§ **TASK OBJECTIVE**: Only lines that contain the word "through" are to be returned from the data below.

[Saved entries]
====

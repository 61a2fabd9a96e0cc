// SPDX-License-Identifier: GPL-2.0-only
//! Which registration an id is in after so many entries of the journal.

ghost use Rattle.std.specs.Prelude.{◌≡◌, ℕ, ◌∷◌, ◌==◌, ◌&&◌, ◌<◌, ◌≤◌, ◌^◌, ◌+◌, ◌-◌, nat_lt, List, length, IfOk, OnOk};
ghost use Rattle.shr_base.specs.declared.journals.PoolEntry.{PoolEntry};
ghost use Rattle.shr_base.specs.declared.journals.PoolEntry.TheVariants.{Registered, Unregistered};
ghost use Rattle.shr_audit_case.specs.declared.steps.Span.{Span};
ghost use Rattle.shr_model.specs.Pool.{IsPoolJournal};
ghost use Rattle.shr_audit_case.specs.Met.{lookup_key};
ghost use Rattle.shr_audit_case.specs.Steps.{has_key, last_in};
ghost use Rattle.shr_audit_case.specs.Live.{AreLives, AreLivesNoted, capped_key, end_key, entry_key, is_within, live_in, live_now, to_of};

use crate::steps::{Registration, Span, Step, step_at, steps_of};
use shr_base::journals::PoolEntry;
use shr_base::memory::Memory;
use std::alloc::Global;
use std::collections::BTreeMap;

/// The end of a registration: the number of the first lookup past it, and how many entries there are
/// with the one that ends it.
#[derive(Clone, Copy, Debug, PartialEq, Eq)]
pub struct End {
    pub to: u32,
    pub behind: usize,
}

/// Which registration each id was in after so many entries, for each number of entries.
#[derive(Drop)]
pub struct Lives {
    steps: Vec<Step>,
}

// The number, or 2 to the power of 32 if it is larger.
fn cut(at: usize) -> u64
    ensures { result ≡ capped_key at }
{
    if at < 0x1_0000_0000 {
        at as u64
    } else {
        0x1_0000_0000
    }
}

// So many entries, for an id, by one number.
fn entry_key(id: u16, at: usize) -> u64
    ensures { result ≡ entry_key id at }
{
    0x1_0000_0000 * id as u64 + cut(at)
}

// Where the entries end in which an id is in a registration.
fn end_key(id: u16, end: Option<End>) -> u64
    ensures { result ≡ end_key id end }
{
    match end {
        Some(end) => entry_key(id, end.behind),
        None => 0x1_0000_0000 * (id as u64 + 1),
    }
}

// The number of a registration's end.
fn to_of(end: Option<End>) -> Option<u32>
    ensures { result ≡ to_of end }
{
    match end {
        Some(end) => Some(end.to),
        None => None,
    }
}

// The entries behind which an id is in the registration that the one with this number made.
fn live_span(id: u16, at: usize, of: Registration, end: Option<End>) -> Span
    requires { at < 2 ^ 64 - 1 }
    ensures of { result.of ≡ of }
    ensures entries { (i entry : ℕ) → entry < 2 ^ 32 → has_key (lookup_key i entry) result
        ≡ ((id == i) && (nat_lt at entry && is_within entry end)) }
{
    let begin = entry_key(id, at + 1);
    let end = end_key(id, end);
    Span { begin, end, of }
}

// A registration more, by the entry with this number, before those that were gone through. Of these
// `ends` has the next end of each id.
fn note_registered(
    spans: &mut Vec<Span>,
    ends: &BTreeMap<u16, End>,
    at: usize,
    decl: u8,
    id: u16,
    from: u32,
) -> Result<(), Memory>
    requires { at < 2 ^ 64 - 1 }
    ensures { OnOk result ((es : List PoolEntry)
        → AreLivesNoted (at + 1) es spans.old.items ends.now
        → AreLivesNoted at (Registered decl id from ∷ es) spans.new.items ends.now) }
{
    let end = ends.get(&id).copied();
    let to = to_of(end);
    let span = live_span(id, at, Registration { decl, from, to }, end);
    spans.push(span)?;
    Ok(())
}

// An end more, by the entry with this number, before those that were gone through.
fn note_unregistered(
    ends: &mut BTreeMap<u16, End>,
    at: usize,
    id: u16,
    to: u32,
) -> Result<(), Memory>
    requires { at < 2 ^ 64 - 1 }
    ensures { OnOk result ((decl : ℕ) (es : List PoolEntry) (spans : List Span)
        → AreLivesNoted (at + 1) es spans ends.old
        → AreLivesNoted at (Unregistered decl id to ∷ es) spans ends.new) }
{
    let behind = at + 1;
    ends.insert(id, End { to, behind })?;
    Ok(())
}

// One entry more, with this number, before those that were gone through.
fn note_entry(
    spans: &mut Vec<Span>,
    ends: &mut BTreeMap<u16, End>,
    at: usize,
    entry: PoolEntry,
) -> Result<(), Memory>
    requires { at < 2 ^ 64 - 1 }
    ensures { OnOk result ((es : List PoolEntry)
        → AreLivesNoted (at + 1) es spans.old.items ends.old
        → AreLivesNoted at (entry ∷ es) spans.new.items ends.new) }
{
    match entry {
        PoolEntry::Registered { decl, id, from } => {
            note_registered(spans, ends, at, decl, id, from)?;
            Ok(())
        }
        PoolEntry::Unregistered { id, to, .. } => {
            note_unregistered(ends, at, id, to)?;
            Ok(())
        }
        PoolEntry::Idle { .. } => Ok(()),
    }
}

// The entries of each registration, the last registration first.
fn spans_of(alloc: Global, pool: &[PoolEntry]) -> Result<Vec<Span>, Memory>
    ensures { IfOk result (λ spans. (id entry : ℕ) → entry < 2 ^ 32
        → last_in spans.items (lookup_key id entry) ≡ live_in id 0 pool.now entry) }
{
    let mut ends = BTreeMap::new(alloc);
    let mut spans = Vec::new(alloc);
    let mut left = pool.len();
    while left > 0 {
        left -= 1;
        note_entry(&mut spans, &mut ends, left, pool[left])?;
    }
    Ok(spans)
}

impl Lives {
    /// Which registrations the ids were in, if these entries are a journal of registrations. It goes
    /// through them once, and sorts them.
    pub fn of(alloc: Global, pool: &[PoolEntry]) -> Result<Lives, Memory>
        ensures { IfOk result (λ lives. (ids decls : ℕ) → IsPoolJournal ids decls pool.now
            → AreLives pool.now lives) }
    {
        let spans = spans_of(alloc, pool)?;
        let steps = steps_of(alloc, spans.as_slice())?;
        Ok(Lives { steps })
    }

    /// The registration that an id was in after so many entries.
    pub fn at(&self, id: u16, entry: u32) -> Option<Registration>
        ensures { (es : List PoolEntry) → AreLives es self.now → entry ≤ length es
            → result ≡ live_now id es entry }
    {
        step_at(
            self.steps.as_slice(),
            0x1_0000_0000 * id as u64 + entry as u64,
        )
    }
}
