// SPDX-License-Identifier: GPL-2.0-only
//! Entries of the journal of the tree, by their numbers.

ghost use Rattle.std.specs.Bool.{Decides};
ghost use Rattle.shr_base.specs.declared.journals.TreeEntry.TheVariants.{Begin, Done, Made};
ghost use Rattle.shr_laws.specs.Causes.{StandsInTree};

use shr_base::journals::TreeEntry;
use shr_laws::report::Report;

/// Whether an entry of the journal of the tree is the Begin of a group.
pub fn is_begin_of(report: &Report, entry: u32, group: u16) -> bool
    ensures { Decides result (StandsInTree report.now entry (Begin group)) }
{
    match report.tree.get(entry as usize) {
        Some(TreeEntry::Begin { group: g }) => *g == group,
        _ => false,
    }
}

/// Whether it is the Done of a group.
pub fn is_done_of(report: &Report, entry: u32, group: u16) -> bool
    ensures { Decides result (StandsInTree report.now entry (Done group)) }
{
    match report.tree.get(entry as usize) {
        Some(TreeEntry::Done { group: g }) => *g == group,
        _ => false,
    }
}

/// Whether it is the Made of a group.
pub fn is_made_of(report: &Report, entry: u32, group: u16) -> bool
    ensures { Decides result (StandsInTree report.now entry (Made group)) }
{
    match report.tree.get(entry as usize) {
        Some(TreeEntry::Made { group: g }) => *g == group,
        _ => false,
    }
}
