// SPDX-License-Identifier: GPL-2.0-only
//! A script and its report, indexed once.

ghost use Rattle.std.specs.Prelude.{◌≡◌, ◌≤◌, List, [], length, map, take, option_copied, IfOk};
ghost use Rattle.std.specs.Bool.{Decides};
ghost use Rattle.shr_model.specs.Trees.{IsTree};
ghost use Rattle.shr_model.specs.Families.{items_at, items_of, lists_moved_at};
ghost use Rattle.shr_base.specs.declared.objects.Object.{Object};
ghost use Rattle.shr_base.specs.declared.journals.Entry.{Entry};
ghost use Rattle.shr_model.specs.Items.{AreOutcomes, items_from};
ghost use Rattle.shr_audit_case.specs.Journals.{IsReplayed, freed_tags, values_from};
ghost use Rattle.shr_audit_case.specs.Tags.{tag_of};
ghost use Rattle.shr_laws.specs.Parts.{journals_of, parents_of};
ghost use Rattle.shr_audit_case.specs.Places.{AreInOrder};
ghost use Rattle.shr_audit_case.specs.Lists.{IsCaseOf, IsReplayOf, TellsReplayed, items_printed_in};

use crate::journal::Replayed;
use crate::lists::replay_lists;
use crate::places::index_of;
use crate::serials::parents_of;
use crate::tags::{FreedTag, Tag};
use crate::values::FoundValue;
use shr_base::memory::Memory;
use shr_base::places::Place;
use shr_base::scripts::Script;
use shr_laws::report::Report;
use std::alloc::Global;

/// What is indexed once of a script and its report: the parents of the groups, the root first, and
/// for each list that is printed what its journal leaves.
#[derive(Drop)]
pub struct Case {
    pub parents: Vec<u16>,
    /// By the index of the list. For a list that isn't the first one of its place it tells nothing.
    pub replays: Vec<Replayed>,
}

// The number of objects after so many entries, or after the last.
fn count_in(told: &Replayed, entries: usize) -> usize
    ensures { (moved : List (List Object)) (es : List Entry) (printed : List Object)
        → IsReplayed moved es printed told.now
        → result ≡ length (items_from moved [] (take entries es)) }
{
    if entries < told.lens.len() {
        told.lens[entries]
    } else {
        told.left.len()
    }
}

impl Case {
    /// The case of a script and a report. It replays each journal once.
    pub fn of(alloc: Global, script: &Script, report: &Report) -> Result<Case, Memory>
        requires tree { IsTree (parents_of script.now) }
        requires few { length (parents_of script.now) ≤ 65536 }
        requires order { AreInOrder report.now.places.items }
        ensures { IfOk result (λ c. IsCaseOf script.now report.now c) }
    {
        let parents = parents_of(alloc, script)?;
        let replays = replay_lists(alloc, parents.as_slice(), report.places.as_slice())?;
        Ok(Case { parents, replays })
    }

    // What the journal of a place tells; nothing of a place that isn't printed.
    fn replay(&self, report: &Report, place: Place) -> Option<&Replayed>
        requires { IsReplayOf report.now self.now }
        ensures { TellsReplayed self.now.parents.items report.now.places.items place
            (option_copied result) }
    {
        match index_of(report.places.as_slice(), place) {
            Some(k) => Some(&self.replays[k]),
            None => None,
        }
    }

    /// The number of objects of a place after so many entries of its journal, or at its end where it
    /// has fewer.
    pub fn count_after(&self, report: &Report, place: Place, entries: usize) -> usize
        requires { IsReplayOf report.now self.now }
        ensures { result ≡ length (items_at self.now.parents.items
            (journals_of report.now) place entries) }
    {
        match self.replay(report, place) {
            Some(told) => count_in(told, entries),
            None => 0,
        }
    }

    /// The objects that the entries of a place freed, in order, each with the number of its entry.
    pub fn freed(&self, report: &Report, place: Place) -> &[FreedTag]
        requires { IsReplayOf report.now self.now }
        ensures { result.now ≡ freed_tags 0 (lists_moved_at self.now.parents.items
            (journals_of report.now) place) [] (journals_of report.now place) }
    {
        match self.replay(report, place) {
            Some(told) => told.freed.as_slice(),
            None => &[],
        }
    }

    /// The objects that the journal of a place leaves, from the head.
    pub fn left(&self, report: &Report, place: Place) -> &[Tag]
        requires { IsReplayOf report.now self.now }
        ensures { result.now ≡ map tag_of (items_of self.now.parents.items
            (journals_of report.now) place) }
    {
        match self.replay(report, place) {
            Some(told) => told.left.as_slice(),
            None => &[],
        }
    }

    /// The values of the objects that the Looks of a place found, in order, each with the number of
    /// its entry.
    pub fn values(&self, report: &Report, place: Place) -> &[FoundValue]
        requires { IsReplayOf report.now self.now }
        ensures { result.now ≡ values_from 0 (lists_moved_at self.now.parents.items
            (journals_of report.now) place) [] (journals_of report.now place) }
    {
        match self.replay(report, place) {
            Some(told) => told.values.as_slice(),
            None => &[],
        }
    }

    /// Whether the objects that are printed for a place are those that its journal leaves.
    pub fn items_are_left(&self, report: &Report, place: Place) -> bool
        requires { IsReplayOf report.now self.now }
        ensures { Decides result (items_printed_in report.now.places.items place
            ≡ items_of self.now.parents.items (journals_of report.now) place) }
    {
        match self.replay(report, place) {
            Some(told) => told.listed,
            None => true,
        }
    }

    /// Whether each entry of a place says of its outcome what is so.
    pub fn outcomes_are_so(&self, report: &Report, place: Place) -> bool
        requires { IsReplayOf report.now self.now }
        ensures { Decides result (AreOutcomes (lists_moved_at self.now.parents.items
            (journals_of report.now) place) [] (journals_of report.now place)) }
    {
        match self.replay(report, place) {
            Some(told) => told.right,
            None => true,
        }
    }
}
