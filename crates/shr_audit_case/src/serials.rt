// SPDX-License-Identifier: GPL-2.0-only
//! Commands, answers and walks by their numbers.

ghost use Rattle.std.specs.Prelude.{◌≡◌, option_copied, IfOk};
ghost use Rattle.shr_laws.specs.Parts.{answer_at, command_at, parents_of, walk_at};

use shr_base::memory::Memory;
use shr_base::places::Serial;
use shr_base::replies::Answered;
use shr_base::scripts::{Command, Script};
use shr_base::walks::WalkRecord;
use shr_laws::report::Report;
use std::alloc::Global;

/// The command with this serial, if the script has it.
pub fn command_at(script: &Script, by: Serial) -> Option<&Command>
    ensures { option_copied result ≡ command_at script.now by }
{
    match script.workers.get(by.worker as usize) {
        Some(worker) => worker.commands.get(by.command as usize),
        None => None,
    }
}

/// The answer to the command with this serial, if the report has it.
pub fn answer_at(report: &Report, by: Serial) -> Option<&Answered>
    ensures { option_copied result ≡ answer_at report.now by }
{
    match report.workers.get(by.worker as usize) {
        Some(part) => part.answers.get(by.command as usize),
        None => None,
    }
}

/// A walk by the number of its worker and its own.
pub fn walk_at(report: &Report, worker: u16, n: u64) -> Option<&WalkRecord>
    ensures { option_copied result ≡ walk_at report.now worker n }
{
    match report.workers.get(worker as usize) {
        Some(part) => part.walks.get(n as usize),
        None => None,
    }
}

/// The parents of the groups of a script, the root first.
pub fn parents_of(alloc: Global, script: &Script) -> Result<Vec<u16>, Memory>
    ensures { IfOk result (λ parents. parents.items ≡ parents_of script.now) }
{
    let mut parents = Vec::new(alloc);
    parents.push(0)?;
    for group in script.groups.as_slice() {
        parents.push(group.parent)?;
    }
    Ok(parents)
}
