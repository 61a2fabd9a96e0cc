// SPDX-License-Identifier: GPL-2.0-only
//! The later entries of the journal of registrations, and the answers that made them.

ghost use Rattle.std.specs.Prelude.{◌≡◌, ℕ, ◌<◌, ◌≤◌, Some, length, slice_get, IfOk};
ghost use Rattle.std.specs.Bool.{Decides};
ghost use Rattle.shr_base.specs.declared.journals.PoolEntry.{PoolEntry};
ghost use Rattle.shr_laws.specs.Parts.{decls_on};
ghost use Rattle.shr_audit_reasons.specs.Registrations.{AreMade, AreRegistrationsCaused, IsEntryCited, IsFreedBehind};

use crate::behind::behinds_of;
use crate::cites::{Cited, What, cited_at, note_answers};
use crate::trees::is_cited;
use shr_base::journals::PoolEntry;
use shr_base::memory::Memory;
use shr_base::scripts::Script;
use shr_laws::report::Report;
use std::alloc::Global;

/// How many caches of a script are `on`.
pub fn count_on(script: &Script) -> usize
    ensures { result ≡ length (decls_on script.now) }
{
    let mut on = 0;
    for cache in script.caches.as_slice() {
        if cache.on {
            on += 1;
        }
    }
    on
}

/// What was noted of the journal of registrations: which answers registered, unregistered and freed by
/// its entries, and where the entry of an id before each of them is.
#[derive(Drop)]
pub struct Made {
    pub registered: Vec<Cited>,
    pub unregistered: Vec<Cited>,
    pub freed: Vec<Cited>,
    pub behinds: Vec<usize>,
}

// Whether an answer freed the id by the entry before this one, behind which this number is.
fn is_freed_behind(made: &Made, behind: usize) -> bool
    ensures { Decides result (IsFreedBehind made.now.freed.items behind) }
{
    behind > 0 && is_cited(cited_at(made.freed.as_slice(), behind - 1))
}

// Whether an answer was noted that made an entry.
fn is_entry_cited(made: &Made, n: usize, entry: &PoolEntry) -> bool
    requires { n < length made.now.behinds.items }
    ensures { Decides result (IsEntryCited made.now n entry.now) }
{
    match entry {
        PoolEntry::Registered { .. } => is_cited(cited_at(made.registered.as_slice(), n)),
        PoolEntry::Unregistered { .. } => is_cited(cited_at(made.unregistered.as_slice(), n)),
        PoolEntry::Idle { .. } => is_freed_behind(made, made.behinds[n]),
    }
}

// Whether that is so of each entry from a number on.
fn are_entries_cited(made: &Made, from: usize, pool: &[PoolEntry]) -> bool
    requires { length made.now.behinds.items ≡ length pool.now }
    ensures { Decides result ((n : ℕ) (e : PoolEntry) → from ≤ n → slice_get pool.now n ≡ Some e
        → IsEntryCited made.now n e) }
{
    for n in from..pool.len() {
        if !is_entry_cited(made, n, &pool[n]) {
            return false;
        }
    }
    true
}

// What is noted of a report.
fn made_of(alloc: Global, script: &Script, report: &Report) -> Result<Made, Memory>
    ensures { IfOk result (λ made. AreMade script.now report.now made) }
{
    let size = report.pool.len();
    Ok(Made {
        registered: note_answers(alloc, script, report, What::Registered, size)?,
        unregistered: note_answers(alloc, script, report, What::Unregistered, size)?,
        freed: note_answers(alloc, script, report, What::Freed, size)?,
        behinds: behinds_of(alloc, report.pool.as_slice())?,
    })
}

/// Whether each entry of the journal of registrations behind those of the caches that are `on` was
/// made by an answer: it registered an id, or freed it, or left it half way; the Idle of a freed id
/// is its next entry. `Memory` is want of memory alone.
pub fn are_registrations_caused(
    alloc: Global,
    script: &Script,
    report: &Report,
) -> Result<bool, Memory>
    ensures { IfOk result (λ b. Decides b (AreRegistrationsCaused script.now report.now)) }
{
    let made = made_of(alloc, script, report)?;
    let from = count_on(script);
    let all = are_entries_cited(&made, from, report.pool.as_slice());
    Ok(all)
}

====

§ **YOUR RESPONSE**:
// A registration more, by the entry with this number, before those that were gone through. Of these
// An end more, by the entry with this number, before those that were gone through.
// One entry more, with this number, before those that were gone through.
    /// through them once, and sorts them.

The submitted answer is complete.